The board is led by Robin Wildman, founder of Nonviolent Schools Rhode Island, who has been paid $7,474 for her services through June 30, according to school vendor records. It is expected to finish its work by August, and thus far the South Kingstown School Committee has given preliminary approval to the Board’s proposed changes to its discrimination policy.
In a May interview with The Collective, a left-wing bookstore and “organizing space” in Peace Dale, Rhode Island, Ms. Wildman said she approached the school district with the idea for a “BIPOC group that would look at policies and practices and make recommendations to create a more inclusive, antiracist district.” BIPOC is an acronym that stands for Black, Indigenous and people of color.
A retired 5th-grade teacher, Ms. Wildman said she believes teaching and activism go hand-in-hand.
“I believe in working for justice, not equal rights,” she said, saying that systemic racism means “the vast majority of those that control all of the systems in our country are White.
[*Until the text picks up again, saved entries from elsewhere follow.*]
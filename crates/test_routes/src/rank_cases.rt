// The cases of Rank (REFERENCE, section 8): network S, the network of zero costs, the network without
// arcs and the line of 200 nodes.
use super::cases;
use std::io;
use test_calls::answers::{refusal, single};
use test_calls::rank_calls::{Request, Rooms, needed_rooms, note_rank, rank_agrees, rank_into};
use test_fixtures::report::{Call, Report};
use test_fixtures::slices::Pattern;

// Rank from 1 to 4, in a network of four nodes.
pub fn ranked(
    report: Report,
    image: &[u8],
    column: u32,
    wanted: u32,
    rows: &[u16],
    costs: &[u32],
) -> Report {
    let request = Request {
        column,
        start: 1,
        goal: 4,
        wanted,
    };
    note_rank(report, image, 4, request, rows, costs)
}

// Rank refuses with 15 and writes nothing. Robust's cases have the like of this and of the line's: the two calls are
// lent other slices, so one function for both would have the call itself as its argument, and be longer.
pub fn no_path(report: Report, image: &[u8], n: u32, column: u32, start: u32, goal: u32) -> Report {
    let request = Request {
        column,
        start,
        goal,
        wanted: 5,
    };
    let agrees = rank_agrees(image, request, needed_rooms(n, 5), refusal(15, 0), &[], &[]);
    report.note(Call::Rank, agrees)
}

// Rank on network S by column 1 gives the first so many of three paths, in so many places.
fn first_of_s(report: Report, image: &[u8], wanted: u32, places: usize, paths: usize) -> Report {
    let rows = [1u16, 2, 3, 4, 1, 3, 4, 0, 1, 2, 4, 0];
    let costs = [5u32, 7, 8];
    if 12 < places || 3 < paths {
        return report.note(Call::Rank, false);
    }
    ranked(report, image, 1, wanted, &rows[..places], &costs[..paths])
}

// Network S by column 2.
fn second_of_s(mut report: Report, image: &[u8]) -> Report {
    let rows = [1, 2, 4, 0, 1, 3, 4, 0, 1, 2, 3, 4];
    report = ranked(report, image, 2, 5, &rows, &[5, 8, 13]);
    ranked(report, image, 2, 2, &rows[..8], &[5, 8])
}

// K below, at and above the number of paths.
pub fn note_s(mut report: Report, image: &[u8]) -> Report {
    report = first_of_s(report, image, 5, 12, 3);
    report = first_of_s(report, image, 256, 12, 3);
    report = first_of_s(report, image, 3, 12, 3);
    report = first_of_s(report, image, 2, 8, 2);
    report = first_of_s(report, image, 1, 4, 1);
    report = second_of_s(report, image);
    report = no_path(report, image, 4, 1, 4, 1);
    no_path(report, image, 4, 1, 3, 2)
}

fn note_zero_costs(mut report: Report, image: &[u8]) -> Report {
    let rows = [1, 3, 2, 4, 1, 3, 4, 0];
    report = ranked(report, image, 1, 5, &rows, &[0, 0]);
    ranked(report, image, 1, 1, &rows[..4], &[0])
}

// Rank on the line, whose one path is all nodes. K = 256 needs 51,200 places for rows, 256 for costs and 58,776 for work.
fn rank_line(image: &[u8], wanted: u32, lent: Rooms, nodes: &[u16]) -> bool {
    let mut rows = [u16::PATTERN; 51200];
    let mut costs = [u32::PATTERN; 256];
    let mut work = [u32::PATTERN; 58776];
    let request = Request {
        column: 1,
        start: 1,
        goal: 200,
        wanted,
    };
    match (
        rows.get_mut(..lent.rows),
        costs.get_mut(..lent.costs),
        work.get_mut(..lent.work),
    ) {
        (Some(rows), Some(costs), Some(work)) => rank_into(
            image,
            request,
            rows,
            costs,
            work,
            single(1),
            nodes,
            &[199000000],
        ),
        _ => false,
    }
}

fn note_line(mut report: Report, image: &[u8], nodes: &[u16]) -> Report {
    for wanted in [1, 2, 256] {
        let agrees = rank_line(image, wanted, needed_rooms(200, wanted), nodes);
        report = report.note(Call::Rank, agrees);
    }
    report
}

pub fn run(rt: &impl Print) -> io::Result<()> {
    cases::print(
        rt,
        note_s,
        note_zero_costs,
        |report, image| no_path(report, image, 2, 1, 1, 2),
        note_line,
    )
}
“Justice means breaking down the oppressive systems that prevent BIPOC from accessing opportunities in your community that White people have,” Ms. Wildman said.
“When I learned that this board existed and was getting paid to revise school policies I asked to come and see the meetings and was told they are not open,” Ms. Solas said. “For a year now, they have been squeezing all their policies through the lens of anti-racism and essentially injecting racism into everything.”
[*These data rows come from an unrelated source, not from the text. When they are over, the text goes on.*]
// The tests of the path layer. Each case holds what a call gave to what docs/REFERENCE.md says that
// it gives, and the program prints, for each kind of case, how many agreed and how many differed.
//
// The files path_*.rt test Label, Shortest and Regret, rank_*.rt Rank and robust_*.rt Robust, on the
// images of test_fixtures (cases.rt) and of random_networks.rt, and closed_cases.rt all of them on
// networks in which arcs are closed in columns. The answers come from REFERENCE,
// section 8, from networks whose paths are known, or from the crate test_enumerate, which is written
// apart from the library. Images and numbers that the calls refuse are tested by the program test_images.
#![tactic(auto)]

mod cases;
mod closed_cases;
mod path_cases;
mod path_lists;
mod path_random;
mod random_networks;
mod rank_cases;
mod rank_ladder;
mod rank_random;
mod robust_cases;
mod robust_ladder;
mod robust_random;

use std::io;

fn main(rt: HostRuntime) -> io::Result<()> {
    path_cases::run(&rt)?;
    rank_cases::run(&rt)?;
    rank_ladder::run(&rt)?;
    robust_cases::run(&rt)?;
    robust_ladder::run(&rt)?;
    closed_cases::run(&rt)?;
    random_networks::run(&rt)
}
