// The networks of REFERENCE, section 8, on which each call has its cases.
use std::io;
use test_fixtures::case_images::{line, line_path, network_s, no_arcs, zero_costs};
use test_fixtures::report::Report;

// Prints what a call's cases come to on each of the networks: network S, the network of zero costs, the network without
// arcs and the line of 200 nodes, which is lent with its path.
pub fn print<S, Zero, NoArcs, Line>(
    rt: &impl Print,
    note_s: S,
    note_zero_costs: Zero,
    note_no_arcs: NoArcs,
    note_line: Line,
) -> io::Result<()>
where
    S: Fn(Report, &[u8]) -> Report,
    Zero: Fn(Report, &[u8]) -> Report,
    NoArcs: Fn(Report, &[u8]) -> Report,
    Line: Fn(Report, &[u8], &[u16]) -> Report,
    requires note_s_is_callable { S.IsAlwaysCallable note_s }
    requires note_zero_costs_is_callable { Zero.IsAlwaysCallable note_zero_costs }
    requires note_no_arcs_is_callable { NoArcs.IsAlwaysCallable note_no_arcs }
    requires note_line_is_callable { Line.IsAlwaysCallable note_line }
{
    note_s(Report::new(), &network_s()).print(rt, "network S")?;
    note_zero_costs(Report::new(), &zero_costs()).print(rt, "network of zero costs")?;
    note_no_arcs(Report::new(), &no_arcs()).print(rt, "network without arcs")?;
    note_line(Report::new(), &line(), &line_path()).print(rt, "line of 200 nodes")
}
“Anti-racism” is a rapidly growing educational philosophy based on critical race theory, itself a recasting of U.S. history that supporters say rightfully puts slavery and racism at the center of the American experience. Critics, though, have decried the movement’s shoddy scholarship and warned parents that the leftist ideology is little more than warmed-over Marxism filled with anti-American propaganda.
Last June, in the wake of George Floyd’s murder by a then-Minneapolis police officer, the South Kingstown School Committee declared its adherence to critical race theory in a public “Message of Solidarity.”
“Critical knowledge, radical empathy and institutional action are non-negotiable,” the former chairwoman Stephanie Canter wrote. “This is not a time for platitudes and distractions. This is a time for active anti-racism, nothing less.”
While some of those demands have surfaced for Committee discussion since then, Ms. Solas contends the School Committee and K-12 administrators have consistently sought to dodge public scrutiny of their actions. Earlier this year, the Committee threatened to sue Ms. Solas after she filed some 200 public records requests, and when the Goldwater Institute took over the case and requested public records and emails it was told the latter would cost more than $74,000 to provide.
“We’re still dealing with that,” said Jon Riches, an attorney with the Goldwater Institute.
The School District did not respond to phone calls Thursday. Its superintendent recently resigned, as did Committee Chairwoman Emily Cummiskey, who said the atmosphere was too fraught with dissension.
The question about the BIPOC Advisory Board could become moot if the Rhode Island Democratic attorney general Peter Neronha does not rule before its weekly meetings conclude, although there are legal remedies should the courts rule the Board’s taxpayer-funded meetings should have been open to the public, Mr. Riches said.
Calls and emails to Mr. Neronha’s office were not returned Thursday.